Os fiscais do Ministério do Trabalho visitaram uma das
salas de curso, no quarto dia do início do treinamento,
e constataram que ainda não havia sido distribuído
o material didático. Denunciaram o fato à Secretaria
de Planejamento do Estado de Pernambuco, que solicitou explicações.
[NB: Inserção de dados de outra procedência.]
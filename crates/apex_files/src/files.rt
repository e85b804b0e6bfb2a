//! Reading a file whole, up to a limit.
ghost use Rattle.std.specs.Prelude.{◌≡◌, ◌≤◌, List, ℕ, Option, None, IfErr, IfOk, IfSome, OnOk, length};
ghost use Rattle.std.specs.Io.KnownBytes.{IsAtEnd};
ghost use Rattle.std.specs.IoError.{error_kind, raw_os_error};
ghost use Rattle.apex_files.specs.Files.{file_fault, IsFaultOf, IsReadUpTo};
ghost use Rattle.apex_files.specs.declared.files.FileFault.TheVariants.{OutOfMemory};

use std::alloc::{AllocError, Global};
use std::fs::{File, OpenFile};
use std::io;
use std::io::{ErrorKind, Read};
use std::rt::Files;

/// The maximum number of bytes of a file.
pub const FILE_LIMIT: usize = 16_777_216;

/// The maximum number of reads of a file. A file of the maximum length that gives one byte per read takes this number.
pub const READ_LIMIT: usize = 16_777_217;

/// The number of bytes that one read asks for.
const PIECE_BYTES: usize = 65_536;

/// Opens a path as a reader.
pub trait Opener {
    type Reader: Read + Drop;

    // The bytes of what is at a path, if they are known.
    ghost bytes_at: { Self → List ℕ → Option (List ℕ) } = { λ _ _. None };

    /// The reader of what is at a path.
    fn open(&self, path: &str) -> io::Result<Self::Reader>
        ensures { IfOk result
            (λ reader. IfSome (bytes_at self.now path.now)
            (λ bytes. Self.Reader.remaining reader ≡ Some bytes)) };

    /// About how many bytes the reader gives, so that their memory is taken at once; 0 if that is not known.
    fn expected_bytes(&self, _reader: &Self::Reader) -> usize {
        0
    }
}

/// The files of the system.
#[derive(Clone, Copy, Drop)]
pub struct SystemFiles<'a, R> {
    pub rt: &'a R,
}

impl<R: Files> Opener for SystemFiles<'_, R> {
    type Reader = R::File;

    fn open(&self, path: &str) -> io::Result<R::File> {
        File::open(self.rt, path)
    }

    fn expected_bytes(&self, reader: &R::File) -> usize {
        file_bytes(reader)
    }
}

/// The number of bytes of a file by the system's account, which is 0 for a pipe.
pub fn file_bytes<F: OpenFile>(file: &F) -> usize {
    file.metadata().map_or(0, |known| known.len() as usize)
}

/// What kept a file from being read.
#[derive(Clone, Copy, Debug, PartialEq, Eq)]
pub enum Obstacle {
    /// There is no such file.
    NotFound,
    /// There is no permission to read it.
    PermissionDenied,
    /// It is a folder.
    IsFolder,
    /// It has more bytes than `FILE_LIMIT`.
    TooLarge,
    /// Its end was not reached after `READ_LIMIT` reads.
    NotEnded,
    /// The system refused for another reason, with this error number if there is one.
    System(Option<i32>),
}

/// Why a file was not read.
#[derive(Clone, Copy, Debug, PartialEq, Eq)]
pub enum FileFault {
    /// It can't be opened, a read of it failed, or its bytes or reads exceed the limits.
    Unreadable(Obstacle),
    /// An allocation failed.
    OutOfMemory,
}

impl From<io::Error> for FileFault {
    ghost from_gives = { λ error given.
        given ≡ file_fault (error_kind error) (raw_os_error error) };

    fn from(error: io::Error) -> FileFault {
        FileFault::Unreadable(match error.kind() {
            ErrorKind::OutOfMemory => return FileFault::OutOfMemory,
            ErrorKind::NotFound => Obstacle::NotFound,
            ErrorKind::PermissionDenied => Obstacle::PermissionDenied,
            ErrorKind::IsADirectory => Obstacle::IsFolder,
            _ => Obstacle::System(error.raw_os_error()),
        })
    }
}

impl From<AllocError> for FileFault {
    ghost from_gives = { λ _ given. given ≡ OutOfMemory };

    fn from(_error: AllocError) -> FileFault {
        FileFault::OutOfMemory
    }
}

/// The bytes of the file at a path.
pub fn read_path<O: Opener>(alloc: Global, opener: &O, path: &str) -> Result<Vec<u8>, FileFault>
    ensures whole { IfOk result
        (λ read. IfSome (O.bytes_at opener.now path.now) (λ bytes. read.items ≡ bytes)) }
    ensures within { IfOk result (λ read. length read.items ≤ FILE_LIMIT) }
    ensures fault { IfErr result
        (λ fault. IfSome (O.bytes_at opener.now path.now) (IsFaultOf fault)) }
{
    let mut reader = opener.open(path)?;
    let expected = opener.expected_bytes(&reader);
    read_all(alloc, expected, &mut reader)
}

/// All bytes of a reader up to its end, if they are within the limits of bytes and reads. The memory for as many as are
/// expected is taken before the first read.
pub fn read_all<R: Read>(
    alloc: Global,
    expected: usize,
    reader: &mut R,
) -> Result<Vec<u8>, FileFault>
    ensures whole { IfOk result
        (λ read. IfSome (R.remaining reader.old) (λ bytes. read.items ≡ bytes)) }
    ensures end { OnOk result (IsAtEnd (R.remaining reader.new)) }
    ensures within { IfOk result (λ read. length read.items ≤ FILE_LIMIT) }
    ensures fault { IfErr result
        (λ fault. IsReadUpTo fault (R.remaining reader.old) (R.remaining reader.new)) }
{
    let mut bytes = Vec::with_capacity(alloc, expected.min(FILE_LIMIT))?;
    let mut piece = [0; PIECE_BYTES];
    for _ in 0..READ_LIMIT {
        let count = match reader.read(&mut piece) {
            Ok(count) => count,
            Err(error) if error.kind() == ErrorKind::Interrupted => continue,
            Err(error) => return Err(FileFault::from(error)),
        };
        if count == 0 {
            return Ok(bytes);
        }
        if bytes.len() + count > FILE_LIMIT {
            return Err(FileFault::Unreadable(Obstacle::TooLarge));
        }
        bytes.extend_from_slice(&piece[..count])?;
    }
    Err(FileFault::Unreadable(Obstacle::NotEnded))
}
O Cenap respondeu à secretaria, explicando que a ausência
naquele dia do material didático devia-se ao fato de ter
sido adotado o procedimento de só distribuir apostilas
no quinto dia do curso, pois algumas pessoas se inscreviam, pegavam
a apostila e não compareciam mais. Os documentos de defesa
foram apresentados e ficou comprovado que não havia irregularidades.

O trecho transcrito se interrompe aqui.